Villa Leonhart in Königswinter Neues Konzept - Alles, nur keine Currysauce

KÖNIGSWINTER · Das frühere Sternehaus Villa Leonhart um Küchenchef Philipp Bahle und Zola Wiegand setzt auf ein neues Konzept. Dass die Gäste nun häufiger und eben auch öfters aus der Nähe kommen, zeigt, dass es greift.

 Ganz entspannt: Küchenchef Philipp Bahle und Zola Wiegand vor der Villa Leonhart.

Ganz entspannt: Küchenchef Philipp Bahle und Zola Wiegand vor der Villa Leonhart.

Foto: Frank Homann

Philipp Bahle schaut in letzter Zeit häufiger mal auf das Display des Telefons, wenn Gäste einen Tisch in der Villa Leonhart reservieren. Immer öfter verrät die Vorwahl, dass der Anrufer am anderen Ende der Leitung aus Königswinter kommt. Der Küchenchef, der vor vier Jahren als Mitarbeiter von Sternekoch Martin Tetzner antrat und im November 2011 selber mit einem Michelin-Stern ausgezeichnet wurde, wertet das als Erfolg.

Dass die Gäste nun häufiger und eben auch öfters aus der Nähe kommen, zeigt, dass das neue Gastronomiekonzept der Villa greift. In dem Haus hatte früher mal Robert Ley, unter Hitler der Chef der Deutschen Arbeitsfront, gewohnt. Er soll dort Trinkgelage veranstaltet haben. Seitdem sind 75 Jahre vergangen.

Als die Villa zum Jahresbeginn vier Monate geschlossen hatte, wollten einige schon wissen, dass sie gar nicht mehr aufmachen würde: Eigentümer Hermann Nolden hätte sich möglicherweise mit der neuen Gastronomie auf dem Drachenfels und dem Café auf der Insel Grafenwerth übernommen.

Das Gerücht blieb Gerücht. Anfang Mai öffnete die Villa wieder. Und inzwischen hat sich wohl herumgesprochen, dass man dort nicht mehr drei Gänge für 60 Euro essen muss, sondern dass es auch mal nur ein Hauptgang für 16 Euro und eine Flasche Wasser sein darf. "Der Gast muss auch nicht mehr Angst haben, ein Messer fallen zu lassen. Und es ist mittlerweile durchaus üblich, dass sich Gäste auch mal von Tisch zu Tisch unterhalten", sagt Bahle.

Wer ohne Anzug und Krawatte kommt, wird ebenfalls nicht schief angesehen. Damit die neue Ausrichtung noch bekannter wird, hat Nolden zum 1. Juli Zola Wiegand als Geschäftsführerin eingestellt. Sie macht publik, dass man neuerdings sogar im öffentlichen Park hinter der Villa heiraten und anschließend dort feiern kann - oder direkt gleich auf dem Drachenfels, wo Martin Tetzner das Sagen hat. "Sterneküchen sind an bestimmte Abläufe gebunden", betont Wiegand.

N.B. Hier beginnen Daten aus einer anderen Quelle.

//! Calls that parse a file, lend it and free it again, so that a caller never holds an `Ast`.
ghost use Rattle.std.specs.Prelude.{◌≡◌, IfErr, IfOk, OnErr, OnOk, map};
ghost use Rattle.justfile_ast.specs.declared.ast.Ast.{Ast};
ghost use Rattle.justfile_outline.specs.Shown.{shown};
ghost use Rattle.justfile_canonical.specs.Reading.{HasSymbols, symbols_of};
ghost use Rattle.justfile_canonical.specs.Root.{HasNoRoot, IsRoot};

use crate::root::parse_root;
use justfile_ast::Ast;
use justfile_outline::{Symbol, outline};
use justfile_token::CompileResult;
use std::alloc::{AllocError, Global};

/// What is done with a file.
pub trait Inspector {
    /// Inspecting the file changed the first inspector into the second.
    ghost inspects: { Self → Ast → Self → Type 0 };

    /// Inspects the file.
    fn inspect(ast: &Ast<'_>, inspector: &mut Self)
        ensures { inspects inspector.old ast.now inspector.new };
}

/// Parses a text as the root file at this path, and lends it to the inspector.
///
/// # Errors
///
/// As for `parse_root`. Then the inspector is unchanged.
pub fn inspect_root<'src, I: Inspector>(
    alloc: Global,
    path: &'src str,
    source: &'src str,
    inspector: &mut I,
) -> CompileResult<'src, ()>
    ensures ok { OnOk result
        ((ast : Ast) × IsRoot path.now source.now ast × I.inspects inspector.old ast inspector.new) }
    ensures err { IfErr result (HasNoRoot path.now source.now) }
    ensures unchanged { OnErr result (inspector.new ≡ inspector.old) }
{
    match parse_root(alloc, path, source) {
        Ok(mut ast) => {
            lend(&mut ast, inspector);
            Ok(())
        }
        Err(fault) => Err(fault),
    }
}

/// Lends a file to an inspector. The file is passed as `&mut` for the same reason as in
/// `formatting.rt`.
fn lend<I: Inspector>(ast: &mut Ast<'_>, inspector: &mut I)
    ensures { I.inspects inspector.old ast.old inspector.new }
{
    I::inspect(ast, inspector);
}

/// What is asked of a file. The answer can't borrow the text.
pub trait Query {
    /// What answers it.
    type Answer;

    /// This answers the query for the file.
    ghost answers: { Self → Ast → Self.Answer → Type 0 };

    /// Answers the query. The file is passed as `&mut` for the same reason as in `formatting.rt`,
    /// and isn't used any more.
    ///
    /// # Errors
    ///
    /// `AllocError` if memory runs out.
    fn answer(ast: &mut Ast<'_>, alloc: Global, query: &Self) -> Result<Self::Answer, AllocError>
        ensures { IfOk result (λ answer. answers query.now ast.old answer) };
}

/// Parses a text as the root file at this path, and returns the answer to a query of it.
///
/// # Errors
///
/// As for `parse_root`.
pub fn query_root<'src, Q: Query>(
    alloc: Global,
    path: &'src str,
    source: &'src str,
    query: &Q,
) -> CompileResult<'src, Q::Answer>
    ensures ok { IfOk result (λ answer.
        (ast : Ast) × IsRoot path.now source.now ast × Q.answers query.now ast answer) }
    ensures err { IfErr result (HasNoRoot path.now source.now) }
{
    let mut ast = parse_root(alloc, path, source)?;
    Ok(Q::answer(&mut ast, alloc, query)?)
}

/// Parses a text as the root file at this path, and returns its symbols.
///
/// # Errors
///
/// As for `parse_root`.
pub fn symbols<'src>(
    alloc: Global,
    path: &'src str,
    source: &'src str,
) -> CompileResult<'src, Vec<Symbol<'src>>>
    ensures ok { IfOk result
        (λ symbols. HasSymbols path.now source.now (map shown symbols.items)) }
    ensures err { IfErr result (HasNoRoot path.now source.now) }
{
    let mut ast = parse_root(alloc, path, source)?;
    Ok(outline_file(&mut ast, alloc)?)
}

/// Returns the symbols of a file. The file is passed as `&mut` for the same reason as in
/// `formatting.rt`.
fn outline_file<'src>(ast: &mut Ast<'src>, alloc: Global) -> Result<Vec<Symbol<'src>>, AllocError>
    ensures { IfOk result (λ symbols. map shown symbols.items ≡ symbols_of ast.old) }
{
    outline(&ast.items, alloc)
}

/// Frees a file.
pub fn release(ast: Ast<'_>) {
    drop(ast);
}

Der Besuch dauert schnell mal drei bis vier Stunden, für viele Gäste ist das zu viel oder einfach zu teuer. Jetzt dürfen die Kunden, wenn sie es denn wollen, auch das Dessert vor dem Hauptgang essen. Oder einfach nur ein Glas Wein oder einen Kaffee trinken, im Sommer auf der Terrasse, im Winter in der Lounge.

Ein-Stern-Gastronomie habe es nicht nur in Königswinter schwer, sagt Wiegand. "Selbst große Restaurants, die an Hotels angeschlossen sind, schließen inzwischen. Diesem Umbruch sind wir vorangegangen", berichtet sie. Hermann Nolden habe für sich entschieden, etwas Anderes, Leichteres zu machen. "Wir wollen zum Treffpunkt für die Leute werden", sagt Bahle.

Dass die Villa nicht auf der Tourismusachse zwischen Schiffsanleger und Drachenfels liegt, ist für ihn durchaus kein Nachteil. "Die Touristen sind ja nicht unser Zielpublikum", sagt er. Auf dem Drachenfels werde zwar zentral der Kuchen gebacken und die Currysauce gekocht, aber bisher nur an das Insel-Café geliefert. "Hier brauchen wir bisher noch keine Currysauce", sagt Bahle. Mit der Lässigkeit des Sternekochs.